One of the common comments Australians are making is, “I don’t miss the commute.”  The shift will embolden operators to move out of the CBDs into SBDs and core suburban locations. In Australia, to date this has been the domain of businesses like WOTSO, Waterman and Corporate House but the range of operators will become more widespread.

Shopping centres and curated town centres will be ideally placed to support these offerings because they

–      will have spaces that were once occupied by large retailers

–      have access to cheap capital to support fit out costs

–      already offer a range of amenity making it all the more compelling for people to not work from home

4. Businesses will incorporate a wider range of real estate solutions into their portfolios

Businesses across Australia are clamouring to secure temporary rent relief. When the pandemic settles, they will be more highly attuned to their exposure to long term leases over large spaces. Some, if not many, will look for ways to reduce their exposure and maximise their flexibility to dial up or down space according to demand, and an obvious solution will be through the take-up of flexible workspace to supplement their primary space.

This trend already started in the Australian mining sector after the end of the last peak cycle. BHP Billiton has been releasing significant amounts of space in most cities and plans to draw upon externally managed flexible workspace for almost all future growth. It is possible this crisis will have a similar effect on a number of sectors and businesses, resulting in a long and steady growth in demand for flexible workspace in all CDBs and many SBD’s and key suburban markets.  

5. Further loss of appetite among flexible operators for traditional leases

The GFC was a brutal time for flexible workspace providers. The buy long, sell short approach made operators, even the good ones, highly vulnerable to sharp demand reduction. IWG, then Regus, went into Chapter 11 and many failed. 

In recent times a number of the leading flexible workspace providers were approaching traditional leases with caution. They tie up considerable working capital in bank guarantees and offer little flexibility to meet the market price during downturns. Their increasing preference is to partner with the landlord as a means of sharing the down cycles and up cycles. It has been shown that (with the exception of viral pandemics such as SARS and civil unrest such as the Hong Kong demonstrations) that if the desk rate is set in line with the underlying market price for property occupancy remains quite strong.

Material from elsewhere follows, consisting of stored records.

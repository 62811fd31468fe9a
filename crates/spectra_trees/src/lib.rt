//! The trees of the grammar, the tokens that they are made from, and the numbers of faults.
//!
//! A tree keeps the place of each name and of each operator. A token has a class: what it is for the grammar.
//!
//! Contract: `class_of` is the table of words and signs. Path: tokens → **trees** → specification.
#![tactic(auto)]

pub mod chain;
pub mod class;
pub mod faults;
pub mod laws;
pub mod lexeme;
mod spellings;
pub mod tree;
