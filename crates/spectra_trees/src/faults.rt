//! The faults of texts: the number and the word of each. docs/LANGUAGE.md says where each comes and where it is placed.

ghost use Rattle.std.specs.Prelude.{◌≡◌};
ghost use Rattle.spectra_trees.specs.Faults.{fault_text as fault_text_lem};

/// The bytes aren't UTF-8.
pub const NOT_UTF8: u8 = 1;
/// No token begins at a character.
pub const BAD_CHARACTER: u8 = 2;
/// The text has too many bytes.
pub const TOO_LONG: u8 = 3;
/// A token goes on no text.
pub const UNEXPECTED: u8 = 4;
/// A token opens a level too many.
pub const TOO_DEEP: u8 = 5;
/// An operator behind a whole expression wants parentheses.
pub const PARENTHESES: u8 = 6;
/// A name is declared nowhere.
pub const UNKNOWN: u8 = 7;
/// A name is declared again.
pub const TWICE: u8 = 8;
/// An operand or a name is not of the kind that is wanted there.
pub const WRONG_TYPE: u8 = 9;
/// `next` stands where no next position is.
pub const NEXT_HERE: u8 = 10;
/// `next` stands in another `next` or in a past operator, or one of these in a `next`.
pub const NEXT_NESTED: u8 = 11;
/// An assumption reads the next value of a variable of the system.
pub const NEXT_OF_SYSTEM: u8 = 12;
/// An initial assumption reads a variable of the system.
pub const SYSTEM_IN_INITIAL: u8 = 13;
/// A range or a span has no number, or too many.
pub const WIDE_INT: u8 = 14;
/// A definition uses itself.
pub const CYCLE: u8 = 15;
/// A predicate is given a wrong number of arguments.
pub const ARITY: u8 = 16;
/// An imported file has an import, a variable, a monitor or a line.
pub const IMPORTED_LINE: u8 = 17;
/// There are too many variables, lines, names or files.
pub const TOO_MANY: u8 = 18;
/// The formulas are too large or too deep.
pub const TOO_LARGE: u8 = 19;
/// A pattern's own variables aren't determined.
pub const PATTERN_OPEN: u8 = 20;
/// A pattern has too many parameters, or its own variables too many values.
pub const PATTERN_WIDE: u8 = 21;
/// A trigger has too many atoms, positions or states, or a repeat that counts too far or backwards.
pub const TRIGGER_WIDE: u8 = 22;
/// An index may be none of its array's.
pub const OUT_OF_BOUNDS: u8 = 25;
/// An array has no element, or too many.
pub const WIDE_ARRAY: u8 = 26;

/// The number and the word of a fault, as an answer shows them.
pub fn fault_text(number: u8) -> &'static str
    ensures { result.now ≡ fault_text_lem number }
{
    match number {
        NOT_UTF8 => "1 NotUtf8",
        BAD_CHARACTER => "2 BadCharacter",
        TOO_LONG => "3 TooLong",
        UNEXPECTED => "4 Unexpected",
        TOO_DEEP => "5 TooDeep",
        PARENTHESES => "6 Parentheses",
        UNKNOWN => "7 Unknown",
        TWICE => "8 Twice",
        WRONG_TYPE => "9 WrongType",
        NEXT_HERE => "10 NextHere",
        NEXT_NESTED => "11 NextNested",
        NEXT_OF_SYSTEM => "12 NextOfSystem",
        SYSTEM_IN_INITIAL => "13 SystemInInitial",
        WIDE_INT => "14 WideInt",
        CYCLE => "15 Cycle",
        ARITY => "16 Arity",
        IMPORTED_LINE => "17 ImportedLine",
        TOO_MANY => "18 TooMany",
        TOO_LARGE => "19 TooLarge",
        PATTERN_OPEN => "20 PatternOpen",
        PATTERN_WIDE => "21 PatternWide",
        OUT_OF_BOUNDS => "25 OutOfBounds",
        WIDE_ARRAY => "26 WideArray",
        _ => "22 TriggerWide",
    }
}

The impact of COVID-19 will strengthen many operator’s resolve to grow through partnerships or variable income structures or not at all. Major landlords will be keenly aware that long term, straight line leases to flexible workspace operators do not offer the surety they had hoped for. They will need to increasingly incorporate flexible working to their portfolio and will be faced with the choice of accepting flexible arrangements or venture into self-management, which has its own set of risks.

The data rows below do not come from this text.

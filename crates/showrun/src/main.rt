// Prints the listing of the run file on standard input, or its refusal.
#![tactic(auto)]

use std::io;

fn main(rt: HostRuntime) -> io::Result<()> {
    let mut input = rt.reader();
    let kept = listing::read_kept(&mut input)?;
    // The rest is read too, so that whoever writes the input is not stopped by a closed pipe.
    if kept.len() == runfile::KEPT {
        io::copy(&mut input, &mut io::sink())?;
    }
    listing::print_run(&mut io::writer(&rt), &kept)
}
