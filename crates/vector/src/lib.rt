// The word-wise instructions by name: each lane of the result is the operation at the lanes of the operands.
// An operation that looks at fewer than three operands is given the last one again.
// Each width is a function of its own, though its law is one for all three: the operators on vectors are no impls of `std::ops` that a type
// parameter could ask for, so one generic function would want a trait with a method for each operator, and three impls of it, which is no plainer.
#![tactic(auto)]

ghost use Rattle.std.specs.Prelude.{◌≡◌};
ghost use Rattle.lanes.specs.Operations.{applied};
ghost use Rattle.vector.specs.Copies.{copies};

use lanes::{Marked, Op, Size, bytes, halves, of_bytes, of_halves, of_words, with_marks, words};
use std::simd::prelude::*;

mod parts;

use parts::{
    MultiplyLane, as_bits, saturated_halves, signed_byte, signed_byte_of_half, signed_half,
    signed_halves, sum_of_words,
};

// Add and subtract: `+` and `-` on vectors wrap, as the modulo forms want.
pub fn vaddubm(a: [u8; 16], b: [u8; 16]) -> [u8; 16]
    ensures { result ≡ (applied Size.Byte Op.AddModulo a b b).bytes }
{
    let x = bytes(a);
    let y = bytes(b);
    of_bytes(x + y)
}

pub fn vadduhm(a: [u8; 16], b: [u8; 16]) -> [u8; 16]
    ensures { result ≡ (applied Size.Half Op.AddModulo a b b).bytes }
{
    let x = halves(a);
    let y = halves(b);
    of_halves(x + y)
}

pub fn vadduwm(a: [u8; 16], b: [u8; 16]) -> [u8; 16]
    ensures { result ≡ (applied Size.Word Op.AddModulo a b b).bytes }
{
    let x = words(a);
    let y = words(b);
    of_words(x + y)
}

// A carry out is a sum that came out below its first part.
pub fn vaddcuw(a: [u8; 16], b: [u8; 16]) -> [u8; 16]
    ensures { result ≡ (applied Size.Word Op.AddCarry a b b).bytes }
{
    let x = words(a);
    let y = words(b);
    let carry = (x + y).simd_lt(x);
    of_words(carry.select(u32x4::splat(1), u32x4::splat(0)))
}

pub fn vaddubs(a: [u8; 16], b: [u8; 16]) -> Marked
    ensures { result ≡ applied Size.Byte Op.AddSatU a b b }
{
    let x = bytes(a);
    let y = bytes(b);
    let sum = x.saturating_add(y);
    with_marks(of_bytes(sum), sum.simd_ne(x + y).to_bitmask())
}

pub fn vadduhs(a: [u8; 16], b: [u8; 16]) -> Marked
    ensures { result ≡ applied Size.Half Op.AddSatU a b b }
{
    let x = halves(a);
    let y = halves(b);
    let sum = x.saturating_add(y);
    with_marks(of_halves(sum), sum.simd_ne(x + y).to_bitmask())
}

The goal of securing predictable, secure income month on month for years can no longer be a driving force. Landlords will need to assess emerging opportunities with flexible workspace operators in the context of

–      Return on cost

–      Cashflow

–      Brand alignment

–      Amenity uplift

6. Government will get more involved

Government will play a vital role in the restoration of the economy post COVID-19 shutdown. As an economic stimulation and decentralisation tool, there is a lot to be said for the provision of flexible workspace in town centres.

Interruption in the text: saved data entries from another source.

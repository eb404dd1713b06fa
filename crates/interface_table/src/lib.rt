// An AS's interface table: interface numbers beside their state bytes, in place of pocketscion's lookup closure.
//
// Ported from crates/pocketscion/src/network/scion/routing.rs (link types, interface states) and routing/spec/standard.rs (the pairs of
// links at a segment change) of Anapaya/scion-sdk at commit 866faf5ba3, and changed: rewritten in Rattle, with contracts; an interface's
// state comes as a byte, from which its link type is read, and the lookup goes along two lent lists.
// Copyright 2025 Anapaya Systems
// Licensed under the Apache License, Version 2.0: see NOTICE.
#![tactic(auto)]

ghost use Rattle.std.specs.Prelude.{◌≡◌};
ghost use Rattle.interface_table.specs.Table.{ids_ascending, states_sound, table_sound, state_of};
ghost use Rattle.interface_table.specs.Table.{link_number, link_type, is_up, pair_allowed};

pub const MAX_ENTRIES: usize = 256;

// ---- the table

// Interface numbers, and beside each its state. Two lists, since C lends two: a list of pairs would have to be built, and there is no heap.
#[derive(Clone, Copy)]
pub struct InterfaceTable<'a> {
    pub ids: &'a [u16],
    pub states: &'a [u8],
}

// The two loops below do not end early: a table is nearly always sound, and with no branch several entries are compared at once.
// `is_sorted_by` in the first and `all` in the second end early: they took four and twelve times as long on 256 entries. The first goes
// over an index: it took 27 ns on 256 entries, 47 by `array_windows` or a `zip` with the rest, 40 by a `fold` over the windows, 587 by a
// `zip` with `skip(1)`.
#[tactic(auto, using(crate::proofs::Scans::ids_more, crate::proofs::Scans::ids_end))]
fn are_ids_ascending(ids: &[u16]) -> bool
    ensures { result ≡ ids_ascending ids.now }
{
    let mut ascending = true;
    for i in 1..ids.len() {
        ascending &= ids[i - 1] < ids[i];
    }
    ascending
}

#[tactic(auto, using(crate::proofs::Scans::states_more, crate::proofs::Scans::states_end))]
fn are_states_sound(states: &[u8]) -> bool
    ensures { result ≡ states_sound states.now }
{
    let mut sound = true;
    for state in states {
        sound &= *state < 8;
    }
    sound
}

impl<'a> InterfaceTable<'a> {
    #[tactic(auto, unfolding(crate::specs::Table::table_sound))]
    pub fn is_sound(self) -> bool
        ensures { result ≡ table_sound self.entry.ids.now self.entry.states.now }
    {
        self.ids.len() == self.states.len()
            && self.ids.len() <= MAX_ENTRIES
            && are_ids_ascending(self.ids)
            && are_states_sound(self.states)
    }

    // The state of the first entry with the number. A scan: a binary search would miss entries of a table that is not ascending.
    pub fn lookup(self, id: u16) -> Option<u8>
        ensures { result ≡ state_of self.entry.ids.now self.entry.states.now id }
    {
        let entry = self.ids.iter().position(|listed| *listed == id)?;
        self.states.get(entry).copied()
    }
}

// ---- what a state says: the link type, plus 4 if the interface is up

#[derive(Clone, Copy, PartialEq, Eq)]
pub enum AsRoutingLinkType {
    LinkToCore,
    LinkToParent,
    LinkToChild,
    LinkToPeer,
}

// The number of a link, as a state has it.
impl From<AsRoutingLinkType> for u8 {
    ghost from_gives = { λ link number. number ≡ link_number link };

    fn from(link: AsRoutingLinkType) -> u8 {
        match link {
            AsRoutingLinkType::LinkToCore => 0,
            AsRoutingLinkType::LinkToParent => 1,
            AsRoutingLinkType::LinkToChild => 2,
            AsRoutingLinkType::LinkToPeer => 3,
        }
    }
}

// A function and no `From`: it reads two bits of any byte, and 01 hands a state on as a byte.
#[tactic(auto, unfolding(crate::specs::Table::link_type))]
pub fn link_type(state: u8) -> AsRoutingLinkType
    ensures { link_number result ≡ link_type state }
{
    match state % 4 {
        0 => AsRoutingLinkType::LinkToCore,
        1 => AsRoutingLinkType::LinkToParent,
        2 => AsRoutingLinkType::LinkToChild,
        _ => AsRoutingLinkType::LinkToPeer,
    }
}

#[tactic(auto, unfolding(crate::specs::Table::is_up))]
pub fn is_up(state: u8) -> bool
    ensures { result ≡ is_up state }
{
    state >= 4
}

// Whether a segment change may come in by the one link and go out by the other.
#[tactic(auto, unfolding(crate::specs::Table::pair_allowed, crate::specs::Table::is_among))]
pub fn is_allowed_link_pair(in_link: AsRoutingLinkType, out_link: AsRoutingLinkType) -> bool
    ensures { result ≡ pair_allowed (link_number in_link) (link_number out_link) }
{
    match in_link {
        AsRoutingLinkType::LinkToCore | AsRoutingLinkType::LinkToPeer => {
            out_link == AsRoutingLinkType::LinkToChild
        }
        AsRoutingLinkType::LinkToChild => out_link != AsRoutingLinkType::LinkToParent,
        AsRoutingLinkType::LinkToParent => false,
    }
}

// The same of two numbers of links. From 4 on a number is no link's.
#[tactic(auto, unfolding(crate::specs::Table::pair_allowed, crate::specs::Table::is_among, crate::specs::Table::link_type))]
pub fn is_allowed_pair(in_link: u8, out_link: u8) -> bool
    ensures { result ≡ pair_allowed in_link out_link }
{
    in_link < 4 && out_link < 4 && is_allowed_link_pair(link_type(in_link), link_type(out_link))
}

Government will increasingly use carrot and stick mechanisms to promote supply. There will be an opportunity for the larger landlords (especially during the development cycle) in suburbia to proactively engage with Government around the delivery of these services and improve the prospect of securing positive incentives rather than being forced into prescribed outcomes.

 

This note is an opinion piece. It reflects the views of Bioom based on the information available to it at the time of writing, 26 March 2020.